There’s a deafening tension that infects the once warm ambience, suddenly too little air and space between them. She doesn’t know how to ask or say what she wants to say, wordlessly stepping closer and disrupting the familiar rhythm of their dance. Her palm, a bit shaky, slips from Francis’ shoulder, tracing the side of her jaw before cupping the scarred tissue of her confused face. The blonde’s fingers become limp in their joint hands, eyes following hers with erratic blinks.
Francis couldn’t move, swallowing as she reconciled with the fact that this was real. Delia’s nose was brushing against hers, hands cradling her face as their eyes seared into one another with the unspoken question.
And the skies are not cloudy all day.
She doesn’t recognize the timidness of her own whisper, straw hair snaking down from her ponytail as the phonograph’s crackling comes to an end.
“I thought you were worried ‘bout folks gettin' the wrong idea ‘bout us?”

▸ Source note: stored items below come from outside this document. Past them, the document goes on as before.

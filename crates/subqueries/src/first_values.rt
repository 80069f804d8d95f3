//! The first values of rows, in order.

ghost use Rattle.std.specs.Prelude.{◌≡◌, ◌≤◌, All, IfOk, IsPermutation, IsSome, IsSortedByKey, Some, false, is_some, length, map, true};
ghost use Rattle.std.specs.Bool.{Decides};
ghost use Rattle.std.specs.List.Sorted.{IsPartitionPoint};
ghost use Rattle.std.specs.Option.{ForSome};
ghost use Rattle.std.specs.Ordering.{is_le, is_lt};
ghost use Rattle.definitions.specs.Truth.{compared_with_any, True};
ghost use Rattle.definitions.specs.Value as spec;
ghost use Rattle.definitions.specs.Queries.Evaluation.{quantified};
ghost use Rattle.sqlvalue.specs.Meaning.{op_of, value_of};
ghost use Rattle.sqlvalue.specs.Owned.{owned_value};
ghost use Rattle.sqlvalue.specs.Truths.{truth_of};
ghost use Rattle.parse_tree.specs.Trees.{quantifier_of};
ghost use Rattle.subqueries.specs.Comparing.{HasAgreeing, HasOrder, HasOrderAt};
ghost use Rattle.subqueries.specs.NumberKeys.{AreKeys};

use crate::memory::{bytes_of, bytes_of_values};
use query_tree::Quantifier;
use sqlvalue::{ComparisonOperator, OwnedValue, Tri, Value, compare, number_key, rank};
use std::alloc::{AllocError, Global};
use std::cmp::Ordering;
use std::mem::size_of;

/// Whole numbers that rank as values do, which are nulls and numbers of one scale (own).
#[derive(Drop)]
struct NumberKeys {
    scale: u8,
    keys: Vec<i64>,
}

/// The first values of rows, by their rank: nulls first, then numbers, then texts; and their keys, where they have them (own).
#[derive(Drop)]
pub struct FirstValues {
    values: Vec<OwnedValue>,
    keys: Option<NumberKeys>,
    ghost sorted: { IsSortedByKey owned_value spec.rank values.items },
    ghost keyed: { ForSome keys (λ k. AreKeys k.scale values.items k.keys.items) },
}

impl FirstValues {
    ghost use Rattle.subqueries.specs.FirstValues.{values_in};

    /// Puts values in the order of their rank.
    pub fn new(alloc: Global, mut values: Vec<OwnedValue>) -> Result<FirstValues, AllocError>
        ensures { IfOk result (λ own. IsPermutation (map owned_value values.items) (values_in own)) }
    {
        values.sort_unstable_by(|a, b| rank(&a.value(), &b.value()));
        let keys = number_keys(alloc, values.as_slice())?;
        Ok(FirstValues { values, keys })
    }

    /// Lends them.
    pub fn as_slice(&self) -> &[OwnedValue]
        ensures { map owned_value result.now ≡ values_in self.now }
    {
        self.values.as_slice()
    }

    /// About how many bytes they take (own).
    pub(crate) fn bytes(&self) -> u64 {
        match &self.keys {
            // Where all have keys none is a text.
            Some(own) => bytes_of(self.values.capacity(), size_of::<OwnedValue>()).saturating_add(
                bytes_of(own.keys.capacity(), size_of::<i64>()),
            ),
            None => bytes_of_values(&self.values),
        }
    }

    /// A value compared with all or any of them (ISO/IEC 9075:1992, 8.7). It takes time that grows as the logarithm of their number
    /// (own).
    pub fn quantified_comparison(
        &self,
        op: ComparisonOperator,
        quantifier: Quantifier,
        value: &Value,
    ) -> Tri
        ensures { truth_of result ≡ quantified (quantifier_of quantifier) (op_of op) (value_of value.now)
            (values_in self.now) }
    {
        match quantifier {
            Quantifier::All => self.with_any(op.negated(), value).not(),
            Quantifier::Any => self.with_any(op, value),
        }
    }

    /// A value compared with any of them: where no comparison is true, it is false if none is unknown.
    fn with_any(&self, op: ComparisonOperator, value: &Value) -> Tri
        ensures { truth_of result ≡ compared_with_any (op_of op) (value_of value.now) (values_in self.now) }
    {
        if self.has(op, value) {
            Tri::True
        } else if self.are_comparable(value) {
            Tri::False
        } else {
            Tri::Unknown
        }
    }

    /// Whether the comparison with one of them is true.
    fn has(&self, op: ComparisonOperator, value: &Value) -> bool
        ensures { Decides result (compared_with_any (op_of op) (value_of value.now) (values_in self.now) ≡ True) }
    {
        self.has_agreeing(op, Ordering::Equal, value)
            || self.has_agreeing(op, Ordering::Less, value)
            || self.has_agreeing(op, Ordering::Greater, value)
    }

    /// Whether an operator asks for an order, and one of them has it.
    fn has_agreeing(&self, op: ComparisonOperator, order: Ordering, value: &Value) -> bool
        ensures { Decides result (HasAgreeing (op_of op) order (value_of value.now) (values_in self.now)) }
    {
        op.agrees(order) && self.has_order(order, value)
    }

    /// Whether a value compares so with one of them: then it does with the nearest one that ranks so.
    fn has_order(&self, order: Ordering, value: &Value) -> bool
        ensures { Decides result (HasOrder order (value_of value.now) (values_in self.now)) }
    {
        match order {
            Ordering::Less => self.has_order_at(self.count_through(value), order, value),
            Ordering::Equal => self.has_order_at(self.count_before(value), order, value),
            Ordering::Greater => match self.count_before(value).checked_sub(1) {
                Some(last) => self.has_order_at(last, order, value),
                None => false,
            },
        }
    }

    /// Whether a value compares so with the one in a place.
    fn has_order_at(&self, place: usize, order: Ordering, value: &Value) -> bool
        ensures { Decides result (HasOrderAt place order (value_of value.now) (values_in self.now)) }
    {
        match self.values.get(place) {
            Some(own) => is_ordered(own, value, order),
            None => false,
        }
    }

    /// How many of them rank before a value; they are the first.
    fn count_before(&self, value: &Value) -> usize
        ensures point { IsPartitionPoint (λ own. is_lt (spec.rank (owned_value own) (value_of value.now)) ≡ true)
            (λ own. is_lt (spec.rank (owned_value own) (value_of value.now)) ≡ false) self.now.values.items result }
        ensures within { result ≤ length self.now.values.items }
    {
        if let Some(own) = &self.keys
            && let Some(key) = number_key(value, own.scale)
        {
            return own.keys.partition_point(|other| other.cmp(&key).is_lt());
        }
        self.values
            .partition_point(|own| rank(&own.value(), value).is_lt())
    }

    /// How many of them rank before a value or with it; they are the first.
    fn count_through(&self, value: &Value) -> usize
        ensures { IsPartitionPoint (λ own. is_le (spec.rank (owned_value own) (value_of value.now)) ≡ true)
            (λ own. is_le (spec.rank (owned_value own) (value_of value.now)) ≡ false) self.now.values.items result }
    {
        if let Some(own) = &self.keys
            && let Some(key) = number_key(value, own.scale)
        {
            return own.keys.partition_point(|other| other.cmp(&key).is_le());
        }
        self.values
            .partition_point(|own| rank(&own.value(), value).is_le())
    }

    /// Whether each of them can be compared with a value. It is so where the first and the last can.
    fn are_comparable(&self, value: &Value) -> bool
        ensures { Decides result (All (λ own. IsSome (spec.compare (value_of value.now) own)) (values_in self.now)) }
    {
        if self.values.is_empty() {
            return true;
        }
        let last = self.values.len() - 1;
        is_comparable(&self.values[0], value) && is_comparable(&self.values[last], value)
    }
}

/// The keys of values, where all are nulls and numbers of one scale: that of the last, since they rank behind nulls.
fn number_keys(alloc: Global, values: &[OwnedValue]) -> Result<Option<NumberKeys>, AllocError>
    ensures { IfOk result (λ own. ForSome own (λ k. AreKeys k.scale values.now k.keys.items)) }
{
    let scale = match values.last() {
        Some(OwnedValue::Num(number)) => number.scale,
        _ => return Ok(None),
    };
    let mut keys = Vec::new(alloc);
    'values: for value in values {
        match number_key(&value.value(), scale) {
            Some(key) => keys.push(key)?,
            None => return Ok(None),
        }
    }
    Ok(Some(NumberKeys { scale, keys }))
}

/// Whether a value compares so with a kept one (ISO/IEC 9075:1992, 8.2).
fn is_ordered(own: &OwnedValue, value: &Value, order: Ordering) -> bool
    ensures { Decides result (spec.compare (value_of value.now) (owned_value own.now) ≡ Some order) }
{
    compare(value, &own.value()) == Some(order)
}

/// Whether a value can be compared with a kept one: neither is a null, and they are of one kind (ISO/IEC 9075:1992, 8.2).
fn is_comparable(own: &OwnedValue, value: &Value) -> bool
    ensures { result ≡ is_some (spec.compare (value_of value.now) (owned_value own.now)) }
{
    compare(value, &own.value()).is_some()
}
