//! A worker: an element, a door to each inbox, and the messages that are at hand.

ghost use Rattle.std.specs.Prelude.{◌≡◌, [], map, replicate, IfOk};

use crate::goals::near_of;
use crate::hand::Hand;
use crate::home::Home;
use crate::passing::{send_on, sort};
use crate::shared::Shared;
use id_core::Keeps;
use id_flight::Queue;
use id_inbox::Door;
use id_step::{Element, Gate, TakeError};
use id_valid::Valid;
use std::alloc::{AllocError, Global};
use std::marker::Model;
use std::mem;
use std::sync::Wait;

/// So many messages a worker handles before it looks into its inbox and whether it is to stop, and so many letters it
/// takes out at a time.
const BURST: u32 = 64;

/// A letter of so many messages is sent at once.
const FULL: usize = 64;

/// After so many bursts all letters are sent, however few messages they have.
const BURSTS: u32 = 16;

/// A worker keeps so many lists without messages for its next letters.
const SPARES: usize = 16;

/// What works one element.
#[derive(Drop)]
pub struct Worker<'a> {
    alloc: Global,
    // The element's number, and how many elements there are.
    home: Home,
    // Whether it may handle more: each event went well, and memory sufficed.
    goes: bool,
    doors: Vec<Door>,
    element: Element<'a>,
    // What is for the element, in order.
    own: Queue,
    // What is left of the letter that came last.
    came: Queue,
    // What is moved from the end of its own and back.
    back: Queue,
    // What came and is not for the element, or does not fit.
    stray: Queue,
    // What is to be sent to each element.
    letters: Vec<Queue>,
    // Lists without messages, which have their memory still.
    spare: Vec<Queue>,
    // What each other worker told of its hunger when it was last sent a letter for that.
    fed: Vec<u64>,
    // How many letters it has sent.
    sent: u64,
}

impl<'a> Model for Worker<'a> {
    ghost use Rattle.std.specs.Prelude.{◌≡◌, map};
    ghost use Rattle.id_elements.specs.Codes.{coded_worker};
    ghost use Rattle.id_elements.specs.Workers.{WorkerView, IsKept};

    ghost Value = { WorkerView };

    ghost coded = { coded_worker };

    ghost view = { λ w. record {
      goes = w.goes;
      doors = w.doors.items;
      element = w.element;
      own = w.own.messages;
      came = w.came.messages;
      back = w.back.messages;
      stray = w.stray.messages;
      letters = map (λ q. q.messages) w.letters.items;
    } };

    ghost invariant = { λ w. IsKept (record {
      goes = w.goes;
      doors = w.doors.items;
      element = w.element;
      own = w.own.messages;
      came = w.came.messages;
      back = w.back.messages;
      stray = w.stray.messages;
      letters = map (λ q. q.messages) w.letters.items;
    }) × (w.home.number ≡ w.element.number) × (w.home.count.number ≡ w.element.count) };
}

/// What a worker leaves that has stopped.
#[derive(Drop)]
pub struct Left<'a> {
    /// Its doors.
    pub doors: Vec<Door>,
    /// Its element.
    pub element: Element<'a>,
    /// What is for the element.
    pub own: Queue,
    /// What is left of the letter that came last.
    pub came: Queue,
    /// What was moved from the end of its own and not moved back.
    pub back: Queue,
    /// What came and is not for the element.
    pub stray: Queue,
    /// What is to be sent to each element.
    pub letters: Vec<Queue>,
}

/// What a worker does next.
#[derive(Clone, Copy, PartialEq, Eq)]
enum Turn {
    /// It goes on.
    Goes,
    /// It can handle nothing more of its own.
    Empty,
    /// It stops.
    Stops,
}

Francis noticed that she had a mole speckled on her right eyelid, veiled slightly by the sable of her eyelashes. She wondered for a moment how many other beauty marks cascaded Delia’s skin.

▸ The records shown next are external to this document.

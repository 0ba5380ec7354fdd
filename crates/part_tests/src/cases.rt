use outside::{MemFile, MemFiles, MemSink};
use part_run::scotty_part;
use run_inputs::Status;
use std::alloc::{AllocError, Global};
use std::process::Abort;
use std::test::Fail;

/// A case: the words, the files by their names and bytes, the status, and what was written.
pub struct Case {
    pub words: &'static [&'static str],
    pub files: &'static [(&'static str, &'static str)],
    pub status: Status,
    pub text: &'static str,
}

fn words_of(alloc: Global, words: &[&str]) -> Result<Vec<String>, AllocError> {
    let mut all = Vec::new(alloc);
    for word in words {
        all.push(String::from_str(alloc, word)?)?;
    }
    Ok(all)
}

pub fn file(alloc: Global, name: &str, text: &str) -> Result<MemFile, AllocError> {
    Ok(MemFile {
        name: String::from_str(alloc, name)?,
        bytes: Vec::from_slice(alloc, text.as_bytes())?,
        failing: Vec::new(alloc),
        refuse: false,
    })
}

fn files_of(alloc: Global, files: &[(&str, &str)]) -> Result<Vec<MemFile>, AllocError> {
    let mut all = Vec::new(alloc);
    for (name, text) in files {
        all.push(file(alloc, name, text)?)?;
    }
    Ok(all)
}

/// Runs these words over these files.
pub fn run(
    alloc: Global,
    words: &[&str],
    files: &[MemFile],
    sink: &mut MemSink,
) -> Result<Status, Fail> {
    let words = words_of(alloc, words)?;
    let mut files = MemFiles::new(files, 8);
    Ok(scotty_part(alloc, &words, &mut files, sink))
}

/// These words over these files end with this status, and have written this text.
pub fn ends<R: Abort>(
    rt: &R,
    alloc: Global,
    words: &[&str],
    files: &[MemFile],
    status: Status,
    text: &str,
) -> Result<(), Fail> {
    let mut sink = MemSink::new(alloc, 60_000, Vec::new(alloc), 8)?;
    let ended = run(alloc, words, files, &mut sink)?;
    assert_eq!(rt; str::from_utf8(sink.bytes())?, text);
    assert_eq!(rt; ended, status, "{text}");
    Ok(())
}

fn holds<R: Abort>(rt: &R, alloc: Global, case: &Case) -> Result<(), Fail> {
    let files = files_of(alloc, case.files)?;
    ends(rt, alloc, case.words, &files, case.status, case.text)
}

/// Each case ends as it says.
pub fn hold<R: Abort>(rt: &R, alloc: Global, cases: &[Case]) -> Result<(), Fail> {
    for case in cases {
        holds(rt, alloc, case)?;
    }
    Ok(())
}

“I thought you told me not to care?”
Francis has walked through hell quite literally, felt fire’s lick curl around her bones and strip it of its fat and muscle lining. Yet, when Delia’s cupid’s bow, featherlight, ghosted her upper lip, it was as if a match had been brazenly lit beneath the gasoline lattice of her nerve ends for the very first time. She thought for a moment that Prometheus’ torture was entirely worth enduring if it reaped this flame. Delia could taste the rum of Francis’ uneven breath where the seams of their mouths threatened to meet, plumes of heat feathering and twining between them.
Her hands pressed more firmly against the low of Delia’s back to disguise their tremor, the other moving to tenderly cradle her hair as her mouth stumbled to meet the brunette’s forehead; a safety net before her lips slipped and mistakes were made. Francis’ voice is more honest than the other girl thought possible, catching slightly in her throat as the words scrape over her tongue painstakingly.
“I.. can't. ”
She feels the hands against her face slacken, and slowly lower to hold the collar of her shirt. Delia’s shaky exhale ricochets along the length of her neck.
“I’m sorry, Delia.”
There’s a vastness of unshared words tailing Francis’ murmur, half muffled against her ebony hair as she leans down more for their foreheads to meet. Neither are sure how long they stay like that. Francis disturbs the silence first with a whisper, taking a step back and ignoring the way Delia’s fingers don’t unfurl from her shirt. “It’s late. You oughta get some rest.”
Francis doesn’t glance back as she ascends the saloon’s staircase, hoping sleep will come quickly so she can pretend tonight never happened; pretend she didn’t make Delia cry again by being hopeful and stupid and selfish.
That she didn’t almost let herself love her.